3.1. Subjective Image Analysis

3.1.1. Diagnostic Performance

For all three readers, DECT-based IM (sensitivity: 96.7–100%, specificity: 100%) had higher diagnostic accuracy than DE-LB (sensitivity: 90.9–96.7%, specificity: 96.7–100%). Reader 1 missed the intra-abdominal hematoma in three cases with DE-LB and had no false-positive cases, whereas no hematoma was missed with IM. In DE-LB mode, Reader 2 missed an intraperitoneal hematoma in four cases and scored one case as a false positive. In contrast, in IM, only one hematoma was missed, and no case was rated as a false positive. Reader 3 classified one case as a false negative in the DE-LB mode and had no false positives, whereas no hematoma was missed in the IM (Table 2). One case was falsely graded as negative in DE-LB mode by all 3 readers (Figure 3a,b). ICC for diagnostic performance was excellent with values ranging from 0.96 to 0.99 (p < 0.001).

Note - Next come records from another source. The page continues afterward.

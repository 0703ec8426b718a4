// The interface: a step over lent memory, and the entering of a string.
#![tactic(auto)]

ghost use Rattle.std.specs.Prelude.{◌≡◌, true};
ghost use Rattle.store.specs.Store.{maximum_properties};
ghost use Rattle.store.specs.Words.{world_of};
ghost use Rattle.record.specs.Tests.{first_failing};
ghost use Rattle.record.specs.Sheet.{sheet_of};
ghost use Rattle.steps.specs.Operation.{writes_in_turn, asked};
ghost use Rattle.steps.specs.Step.{record_tests, ended, ran};
ghost use Rattle.step.specs.Entry.{entry_report};
ghost use Rattle.reporting.specs.Memory.{is_memory, shown, shown_by, WordsAfter, Stepped, StringEntered};

use calls::Run;
use performing::{MAXIMUM_PROPERTIES, levels, listing, reads};
use steps::{Completion, Outcome, Report};
use store_read::StoreWords;
use text::{EntryError, entry};
use value::Value;

// What the methods of a step read, at one lifetime.
#[tactic(auto, using(reporting::proofs::ContractLaws::store_is, reporting::proofs::ContractLaws::table_is))]
fn run_over<'a>(words: &'a [u64], strings: &'a [u16], sheet: &'a [u8]) -> Run<'a>
    requires { is_memory words.now strings.now ≡ true }
    ensures words { result.store.words.now ≡ words.now }
    ensures strings { result.strings.now ≡ strings.now }
    ensures allowance { result.allowance ≡ maximum_properties }
    ensures sheet { result.sheet.now ≡ sheet.now }
{
    Run {
        store: StoreWords { words },
        strings,
        allowance: MAXIMUM_PROPERTIES,
        sheet,
    }
}

// A step whose records passed their tests.
// (Its code is a number, as in performing.)
#[tactic(auto, using(reporting::proofs::ContractLaws::store_is))]
fn run(words: &mut [u64], strings: &[u16], bytes: &[u8], sheet: &[u8], output: &mut [u8]) -> Report
    requires { (is_memory words.old strings.now ≡ true) × (first_failing (record_tests (world_of words.old strings.now) bytes.now sheet.now) ≡ None) }
    ensures output_after { shown result words.new strings.now output.new ≡ shown_by (ended (world_of words.old strings.now) (sheet_of sheet.now) output.old (ran (world_of words.old strings.now) bytes.now sheet.now)) }
    ensures words_after { WordsAfter (writes_in_turn (asked bytes.now)) result.outcome words.old words.new }
{
    let code = bytes[0];
    let o = u64::from(bytes[1]);
    if code == 14 {
        return listing::list(StoreWords { words }, strings, sheet, o, output);
    }
    if code == 18 {
        return levels::set_level(words, strings, sheet, o, levels::level_at(bytes));
    }
    if code == 19 {
        let level = levels::level_at(bytes);
        return levels::test_level(StoreWords { words }, strings, sheet, o, level);
    }
    let run = run_over(words, strings, sheet);
    let mut progress = reporting::start(sheet);
    if reads::is_reading(u64::from(code)) {
        return reads::perform_reading(&run, bytes, progress);
    }
    let performed = performing::perform(&run, bytes, &mut progress);
    reporting::finish(words, sheet, performed, progress)
}

// One step. Words that are no store, and cells that are no table, are refused as 1.
pub fn step(
    words: &mut [u64],
    strings: &[u16],
    bytes: &[u8],
    sheet: &[u8],
    output: &mut [u8],
) -> Report
    ensures { Stepped words.old strings.now bytes.now sheet.now output.old result words.new output.new }
{
    if !reporting::is_memory(words, strings) {
        return reporting::refused(1);
    }
    match step_records::record_refusal(StoreWords { words }, strings, bytes, sheet) {
        Some(n) => reporting::refused(n),
        None => run(words, strings, bytes, sheet, output),
    }
}

// The report of entering a string.
fn entered(answer: Result<u64, EntryError>) -> Report
    ensures { result ≡ entry_report answer }
{
    match answer {
        Err(e) => reporting::refused(entry::refusal_number(e)),
        Ok(n) => Report {
            outcome: Outcome::Result(Completion::Value(Value::String(n))),
            answers: 0,
            calls: 0,
        },
    }
}

// A string's code units are entered; an equal string has its number already. Cells that are no table are refused as 1.
pub fn enter_string(strings: &mut [u16], units: &[u16]) -> Report
    ensures { StringEntered strings.old units.now result strings.new }
{
    entered(entry::enter(strings, units))
}
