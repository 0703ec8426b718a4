// No code: demands 1 and 3 and the proved rows, stated in specs/ and proved in proofs/.
#![tactic(auto)]
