/// Makes a lane for each incarnation up to this one.
fn widen(lanes: &mut Vec<Lane>, shelves: &mut Vec<MinTree>, inc: u32) -> Result<(), AllocError>
    requires few { length lanes.old.items ≤ 4294967296 }
    requires shelved { AreShelved lanes.old.items shelves.old.items }
    ensures shelved { AreShelved lanes.new.items shelves.new.items }
    ensures few { length lanes.new.items ≤ 4294967296 }
    ensures rows { RowsAre lanes.old.items lanes.new.items same_rows }
    ensures wide { OnOk result (inc < length lanes.new.items) }
{
    let alloc: Global = *lanes.allocator();
    plant(shelves, alloc)?;
    while lanes.len() <= inc as usize {
        add_lane(lanes, shelves, alloc)?;
    }
    Ok(())
}

/// Makes a lane more, with its place on the shelf of its shard.
fn add_lane(
    lanes: &mut Vec<Lane>,
    shelves: &mut Vec<MinTree>,
    alloc: Global,
) -> Result<(), AllocError>
    requires wide { SHARDS ≤ length shelves.old.items }
    requires shelved { AreShelved lanes.old.items shelves.old.items }
    ensures shelved { AreShelved lanes.new.items shelves.new.items }
    ensures wide { SHARDS ≤ length shelves.new.items }
    ensures rows { RowsAre lanes.old.items lanes.new.items same_rows }
    ensures few { length lanes.new.items ≤ length lanes.old.items + 1 }
    ensures more { OnOk result (length lanes.new.items ≡ length lanes.old.items + 1) }
{
    let shard = lanes.len() % SHARDS as usize;
    reserve_place(shelves, shard)?;
    lanes.push(Lane::new(alloc))?;
    put_place(shelves, shard);
    Ok(())
}

fn enter_in(
    lanes: &mut Vec<Lane>,
    shelves: &mut Vec<MinTree>,
    inc: u32,
    policy: Policy,
    pairs: &[Pair],
)
    requires shelved { AreShelved lanes.old.items shelves.old.items }
    requires there { inc < length lanes.old.items }
    requires room { length pairs.now ≤ (lane_of lanes.old.items inc).room }
    requires entrance { IsEntrance (pairs_in lanes.old.items inc) pairs.now }
    ensures shelved { AreShelved lanes.new.items shelves.new.items }
    ensures length { length lanes.new.items ≡ length lanes.old.items }
    ensures rows { RowsAre lanes.old.items lanes.new.items (rows_entered inc policy pairs.now) }
{
    let lane = &mut lanes[inc as usize];
    lane.enter(policy, pairs);
    note(shelves, inc, lane.least());
}
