// What a run of children leaves behind: for each of five slots of "at most one" the offset of the chunk that was seen there,
// or 0; and in the sixth how many chunks of no group there were. The rules at a chunk's end are read off these marks.
#![tactic(auto)]

ghost use Rattle.std.specs.Prelude.{◌≡◌, cond, ◌+◌, ◌*◌, ◌<◌, min, length};
ghost use Rattle.studio_rules.specs.OwnData.{root};
ghost use Rattle.studio_row.specs.Packed.{slot_in};
ghost use Rattle.studio_marks.specs.Marks.{free, noted, MissingIs, EndIs, ShutIs, Placed, count_at, corners_at, pairs_at, MeshPlaced, mesh_broken};

use shared_numbers::word_at;
use shared_words::Refusal;

// One chunk more of no group.
fn counted(n: u32) -> u32
    ensures { result ≡ min (n + 1) root }
{
    if n < 65535 { n + 1 } else { 65535 }
}

// Notes the chunk of a row at an offset in its slot; false where the slot was taken. A chunk of no group is counted, as far
// as an order can be told.
pub fn note(marks: &mut [u32], row: u64, at: usize) -> bool
    requires { (length marks.old ≡ 6) × (at < 4294967296) }
    ensures is { result ≡ free (slot_in row) marks.old }
    ensures marks { marks.new ≡ cond result (noted (slot_in row) at marks.old) marks.old }
{
    let slot = studio_row::slot(row);
    if 5 <= slot {
        marks[5] = counted(marks[5]);
        return true;
    }
    if marks[slot] != 0 {
        return false;
    }
    marks[slot] = at as u32;
    true
}

// Whether a child is missing that a chunk must have: 3D3D in 4D4D, A000 in AFFF, B010 in B002.
fn is_missing(id: usize, marks: &[u32]) -> bool
    requires { length marks.now ≡ 6 }
    ensures { MissingIs id marks.now result }
{
    if id == 0x4D4D {
        return marks[1] == 0;
    }
    if id == 0xAFFF {
        return marks[0] == 0;
    }
    if id == 0xB002 {
        return marks[0] == 0;
    }
    false
}

// The count word of the child that a mark names: 0 where there is none.
fn count_at(file: &[u8], mark: usize) -> u32
    requires { Placed file.now mark 2 }
    ensures { (result ≡ count_at file.now mark) × (result < 65536) }
{
    if mark == 0 {
        return 0;
    }
    word_at(file, mark + 6)
}

// Whether the corners of the 4120 that a mark names are below n.
fn corners_fine(file: &[u8], mark: usize, n: u32) -> bool
    requires { Placed file.now mark (2 + 8 * count_at file.now mark) }
    ensures { result ≡ corners_at file.now mark n }
{
    if mark == 0 {
        return true;
    }
    let f = word_at(file, mark + 6) as usize;
    studio_scan::corners_below(file, mark + 8, f, n)
}

// Whether the count word of the 4140 that a mark names fits n vertices: it must be n, or at most n in an old file.
fn pairs_fine(file: &[u8], mark: usize, n: u32, as_many: bool) -> bool
    requires { Placed file.now mark 2 }
    ensures { result ≡ pairs_at file.now mark as_many n }
{
    if mark == 0 {
        return true;
    }
    let m = word_at(file, mark + 6);
    if as_many {
        return m == n;
    }
    m <= n
}

// A mesh at its end.
fn at_mesh_end(file: &[u8], as_many: bool, marks: &[u32]) -> Result<(), Refusal>
    requires { (length marks.now ≡ 6) × MeshPlaced file.now marks.now }
    ensures { ShutIs (mesh_broken file.now as_many marks.now) result }
{
    let n = count_at(file, marks[0] as usize);
    let faces = marks[1] as usize;
    if !corners_fine(file, faces, n) {
        return Err(Refusal::Index(faces));
    }
    let pairs = marks[2] as usize;
    if !pairs_fine(file, pairs, n, as_many) {
        return Err(Refusal::Count(pairs));
    }
    Ok(())
}

// A chunk at its end, by the marks that its children left: it stands at an offset. A mesh of the file must have as many
// mapping pairs as vertices, or at most as many.
pub fn at_end(
    file: &[u8],
    id: usize,
    at: usize,
    as_many: bool,
    marks: &[u32],
) -> Result<(), Refusal>
    requires { (length marks.now ≡ 6) × (id ≡ 0x4100 → MeshPlaced file.now marks.now) }
    ensures { EndIs file.now id at as_many marks.now result }
{
    if is_missing(id, marks) {
        return Err(Refusal::Missing(at));
    }
    if id == 0x4100 {
        return at_mesh_end(file, as_many, marks);
    }
    Ok(())
}
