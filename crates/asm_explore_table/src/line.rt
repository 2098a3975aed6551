//! Lines of a table: texts at the columns where they begin.
ghost use Rattle.std.specs.Prelude.{◌≡◌, ◌++◌, OnOk};
ghost use Rattle.asm_explore_table.specs.Lines.{aligned, blanks, placed};
ghost use Rattle.asm_explore_table.specs.code.Commas.{comma};

use std::alloc::AllocError;

/// Adds so many blanks.
pub(crate) fn push_blanks(line: &mut Vec<u8>, count: usize) -> Result<(), AllocError>
    ensures { OnOk result (line.new.items ≡ line.old.items ++ blanks count) }
{
    for _ in 0..count {
        line.push(b' ')?;
    }
    Ok(())
}

/// Adds a text to a line so that it begins at this column, behind what is there. Without a text the
/// line stays as it is.
pub(crate) fn place(line: &mut Vec<u8>, start: usize, text: &[u8]) -> Result<(), AllocError>
    ensures { OnOk result (line.new.items ≡ placed line.old.items start text.now) }
{
    if text.is_empty() {
        return Ok(());
    }
    push_blanks(line, start.saturating_sub(line.len()))?;
    line.extend_from_slice(text)
}

/// Adds a comma, unless nothing comes before.
pub(crate) fn push_comma(line: &mut Vec<u8>, before: usize) -> Result<(), AllocError>
    ensures { OnOk result (line.new.items ≡ line.old.items ++ comma before) }
{
    if before == 0 {
        return Ok(());
    }
    line.extend_from_slice(b", ")
}

/// Adds a text behind as many blanks as it takes for this width.
pub(crate) fn align(line: &mut Vec<u8>, width: usize, text: &[u8]) -> Result<(), AllocError>
    ensures { OnOk result (line.new.items ≡ line.old.items ++ aligned width text.now) }
{
    push_blanks(line, width.saturating_sub(text.len()))?;
    line.extend_from_slice(text)
}
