//! The heads of columns.
ghost use Rattle.std.specs.Prelude.{◌≡◌, ◌<◌, ◌++◌, All, None, codes, option_map, option_to_list, IfOk, OnOk};
ghost use Rattle.asm_state.specs.Location.{function_of as function_in};
ghost use Rattle.asm_state.specs.Signature.{count_of};
ghost use Rattle.asm_state.specs.code.CodeLocations.{location_of};
ghost use Rattle.asm_syntax.specs.code.Views.{spec_of};
ghost use Rattle.asm_check.specs.Shapes.{shape_of};
ghost use Rattle.asm_run.specs.Trace.{function_text};
ghost use Rattle.asm_run.specs.Written.{names_in};
ghost use Rattle.asm_explore_table.specs.Lines.{aligned, blanks};
ghost use Rattle.asm_explore_table.specs.Tables.{arguments_head as arguments_above, is_after as follows, joined_values, numbered, unless_blank, with_cells, with_chosen, with_functions};
ghost use Rattle.asm_explore_table.specs.code.StepsMade.{IsWithin};

use crate::block::{Block, Column};
use crate::line::{align, place, push_blanks, push_comma};
use asm_check::Checked;
use asm_run::locations::{push_function, push_value};
use asm_state::location::Location;
use asm_state::word::Word;
use std::alloc::{AllocError, Global};

/// The function of a location.
fn function_of(location: &Location) -> usize
    ensures { result ≡ function_in (location_of location.now) }
{
    match location {
        Location::Stray { function } => *function,
        Location::Proper { function, .. } => *function,
    }
}

/// Adds values with a comma between each two.
fn push_values(head: &mut Vec<u8>, checked: &Checked, values: &[Word]) -> Result<(), AllocError>
    ensures { OnOk result (head.new.items ≡ head.old.items ++ joined_values (spec_of checked.now.spec) values.now) }
{
    for k in 0..values.len() {
        push_comma(head, k)?;
        push_value(head, checked, values[k])?;
    }
    Ok(())
}

/// The arguments of the location with this number.
pub(crate) fn arguments_head(
    alloc: Global,
    checked: &Checked,
    n: usize,
) -> Result<Vec<u8>, AllocError>
    requires { n < count_of (shape_of (spec_of checked.now.spec)) }
    ensures { IfOk result (λ head. head.items ≡ arguments_above (spec_of checked.now.spec) n) }
{
    let location = checked.signature().location(alloc, n)?;
    let mut head = Vec::new(alloc);
    match &location {
        Location::Stray { .. } => {}
        Location::Proper { arguments, .. } => {
            push_values(&mut head, checked, arguments.as_slice())?
        }
    }
    Ok(head)
}

/// The number of the function of the location with this number.
pub(crate) fn function_at(alloc: Global, checked: &Checked, n: usize) -> Result<usize, AllocError>
    requires { n < count_of (shape_of (spec_of checked.now.spec)) }
    ensures { IfOk result (λ f. f ≡ function_in (numbered (spec_of checked.now.spec) n)) }
{
    let location = checked.signature().location(alloc, n)?;
    Ok(function_of(&location))
}

/// The name of the function with this number.
pub(crate) fn function_head(
    alloc: Global,
    checked: &Checked,
    function: usize,
) -> Result<Vec<u8>, AllocError>
    ensures { IfOk result (λ head. head.items ≡ function_text (names_in (spec_of checked.now.spec)) function) }
{
    let mut head = Vec::new(alloc);
    push_function(&mut head, checked, function)?;
    Ok(head)
}

/// Whether the column before is of the same function.
pub(crate) fn is_after(function: usize, before: Option<usize>) -> bool
    ensures { result ≡ follows function before }
{
    match before {
        Some(other) => function == other,
        None => false,
    }
}

/// Adds the names of the functions, each above its first column.
fn add_functions(
    alloc: Global,
    line: &mut Vec<u8>,
    checked: &Checked,
    columns: &[Column],
) -> Result<(), AllocError>
    requires { All (λ c. c.location < count_of (shape_of (spec_of checked.now.spec))) columns.now }
    ensures { OnOk result (line.new.items ≡ with_functions (spec_of checked.now.spec) None line.old.items columns.now) }
{
    let mut before = None;
    for k in 0..columns.len() {
        let function = function_at(alloc, checked, columns[k].location)?;
        if !is_after(function, before) {
            let head = function_head(alloc, checked, function)?;
            place(line, columns[k].start, head.as_slice())?;
        }
        before = Some(function);
    }
    Ok(())
}

/// Adds the arguments of each location.
fn add_arguments(
    alloc: Global,
    line: &mut Vec<u8>,
    checked: &Checked,
    columns: &[Column],
) -> Result<(), AllocError>
    requires { All (λ c. c.location < count_of (shape_of (spec_of checked.now.spec))) columns.now }
    ensures { OnOk result (line.new.items ≡ with_cells (arguments_above (spec_of checked.now.spec)) line.old.items columns.now) }
{
    for k in 0..columns.len() {
        let head = arguments_head(alloc, checked, columns[k].location)?;
        place(line, columns[k].start, head.as_slice())?;
    }
    Ok(())
}

/// Adds the word above what is chosen, if the block has it.
fn add_chosen(line: &mut Vec<u8>, chosen: Option<usize>) -> Result<(), AllocError>
    ensures { OnOk result (line.new.items ≡ with_chosen chosen line.old.items (codes "chosen")) }
{
    match chosen {
        Some(start) => place(line, start, b"chosen"),
        None => Ok(()),
    }
}

/// The line with the names of the functions.
pub(crate) fn first_head(
    alloc: Global,
    checked: &Checked,
    width: usize,
    block: &Block,
) -> Result<Vec<u8>, AllocError>
    requires { IsWithin (count_of (shape_of (spec_of checked.now.spec))) block.now }
    ensures { IfOk result (λ line. line.items ≡ with_functions (spec_of checked.now.spec) None (with_chosen block.now.chosen (aligned width (codes "step")) (codes "chosen")) block.now.columns.items) }
{
    let mut line = Vec::new(alloc);
    align(&mut line, width, b"step")?;
    add_chosen(&mut line, block.chosen)?;
    add_functions(alloc, &mut line, checked, block.columns.as_slice())?;
    Ok(line)
}

/// The line with the arguments of the locations. It has blanks alone if none has arguments.
fn arguments_line(
    alloc: Global,
    checked: &Checked,
    width: usize,
    block: &Block,
) -> Result<Vec<u8>, AllocError>
    requires { IsWithin (count_of (shape_of (spec_of checked.now.spec))) block.now }
    ensures { IfOk result (λ line. line.items ≡ with_cells (arguments_above (spec_of checked.now.spec)) (blanks width) block.now.columns.items) }
{
    let mut line = Vec::new(alloc);
    push_blanks(&mut line, width)?;
    add_arguments(alloc, &mut line, checked, block.columns.as_slice())?;
    Ok(line)
}

/// The line with the arguments of the locations, if one has any.
pub(crate) fn second_head(
    alloc: Global,
    checked: &Checked,
    width: usize,
    block: &Block,
) -> Result<Option<Vec<u8>>, AllocError>
    requires { IsWithin (count_of (shape_of (spec_of checked.now.spec))) block.now }
    ensures { IfOk result (λ head. option_to_list (option_map (λ line. line.items) head)
        ≡ unless_blank width (with_cells (arguments_above (spec_of checked.now.spec)) (blanks width) block.now.columns.items)) }
{
    let line = arguments_line(alloc, checked, width, block)?;
    if line.len() == width {
        Ok(None)
    } else {
        Ok(Some(line))
    }
}
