//! What stands above and below the table of a page.
ghost use Rattle.std.specs.Prelude.{◌≡◌, ◌++◌, OnOk};
ghost use Rattle.asm_explore_table.specs.Pages.{foot, head, heading, name_behind, opening as opening_lines, styled, title};
ghost use Rattle.asm_explore_table.specs.code.RunsSaid.{words_said};

use crate::page_style::style;
use crate::page_text::{push_bad_if, push_code_line, push_code_lines, push_escaped};
use crate::run_words::RunWords;
use std::alloc::AllocError;

const OPENING: &[u8] = b"\
<!doctype html>
<html lang=\"en\">
<head>
<meta charset=\"utf-8\">
<meta name=\"viewport\" content=\"width=device-width\">
";

/// How a page begins.
fn opening() -> &'static [u8]
    ensures { result.now ≡ opening_lines }
{
    OPENING
}

/// Adds the name of a file behind how its run ends, unless it is standard input.
fn push_name(out: &mut Vec<u8>, name: &[u8]) -> Result<(), AllocError>
    ensures { OnOk result (out.new.items ≡ out.old.items ++ name_behind name.now) }
{
    if name == b"-".as_slice() {
        return Ok(());
    }
    out.extend_from_slice(b" - ")?;
    push_escaped(out, name)
}

/// Adds the title: how the run ends, and the name of the file.
fn push_title(out: &mut Vec<u8>, words: &RunWords<'_>) -> Result<(), AllocError>
    ensures { OnOk result (out.new.items ≡ out.old.items ++ title (words_said words.now)) }
{
    out.extend_from_slice(b"<title>")?;
    push_escaped(out, words.end)?;
    push_name(out, words.name.as_bytes())?;
    out.extend_from_slice(b"</title>\n")
}

/// Adds the style sheet.
fn push_style(out: &mut Vec<u8>) -> Result<(), AllocError>
    ensures { OnOk result (out.new.items ≡ out.old.items ++ styled) }
{
    out.extend_from_slice(b"<style>\n")?;
    out.extend_from_slice(style())?;
    out.extend_from_slice(b"</style>\n</head>\n<body>\n")
}

/// Adds the heading: how the run ends.
fn push_heading(out: &mut Vec<u8>, words: &RunWords<'_>) -> Result<(), AllocError>
    ensures { OnOk result (out.new.items ≡ out.old.items ++ heading (words_said words.now)) }
{
    out.extend_from_slice(b"<h1")?;
    push_bad_if(out, words.is_fault)?;
    out.extend_from_slice(b">")?;
    push_escaped(out, words.end)?;
    out.extend_from_slice(b"</h1>\n")
}

/// Adds all that stands above the table.
pub(crate) fn push_head(out: &mut Vec<u8>, words: &RunWords<'_>) -> Result<(), AllocError>
    ensures { OnOk result (out.new.items ≡ out.old.items ++ head (words_said words.now)) }
{
    out.extend_from_slice(opening())?;
    push_title(out, words)?;
    push_style(out)?;
    push_heading(out, words)?;
    push_code_lines(out, words.because)?;
    push_code_line(out, words.command)
}

/// Adds the assignments by which the run ends, and all that follows.
pub(crate) fn push_foot(out: &mut Vec<u8>, words: &RunWords<'_>) -> Result<(), AllocError>
    ensures { OnOk result (out.new.items ≡ out.old.items ++ foot (words_said words.now)) }
{
    push_code_lines(out, words.assignments)?;
    push_code_lines(out, words.unmet)?;
    out.extend_from_slice(b"</body>\n</html>\n")
}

3.1.2. Diagnostic Confidence

When comparing diagnostic confidence in distinguishing intra-abdominal hematomas from physiologic bowel structures, DECT performed significantly better than DE-LB (p < 0.0001). All three readers achieved a mean Likert score of 5 (interquartile range [IQR]: 5–5) when using IM images compared to a Likert score of 4 (IQR 3–4 for reader 1; IQR 4–5 for readers 2 and 3) when using the DE-LB images (p < 0.0001). ICC for diagnostic confidence scores were good to excellent, with values ranging from 0.80 to 0.96 (p < 0.001).

3.2. Objective Image Analysis

3.2.1. DECT Image Analysis

Analysis of iodine maps revealed significant differences between physiologic bowel structures (39.5 HU; IQR [29.2, 43.3]) and intraperitoneal hematomas (3.9 HU; IQR [1.6, 8.0]; p < 0.001). VNC showed significant differences between physiological bowel structures (26.6 HU; IQR [22.8, 32.4]) and intraperitoneal hematomas (50.5 HU; IQR [44.4, 59.4]; p < 0.001). DE-LB showed no significant differences between hematomas (60.5 HU; IQR [52.7, 63.9]) and intestinal structures (63.9 HU; IQR [58.0, 68.8]; p = 0.22; Figure 6a–c).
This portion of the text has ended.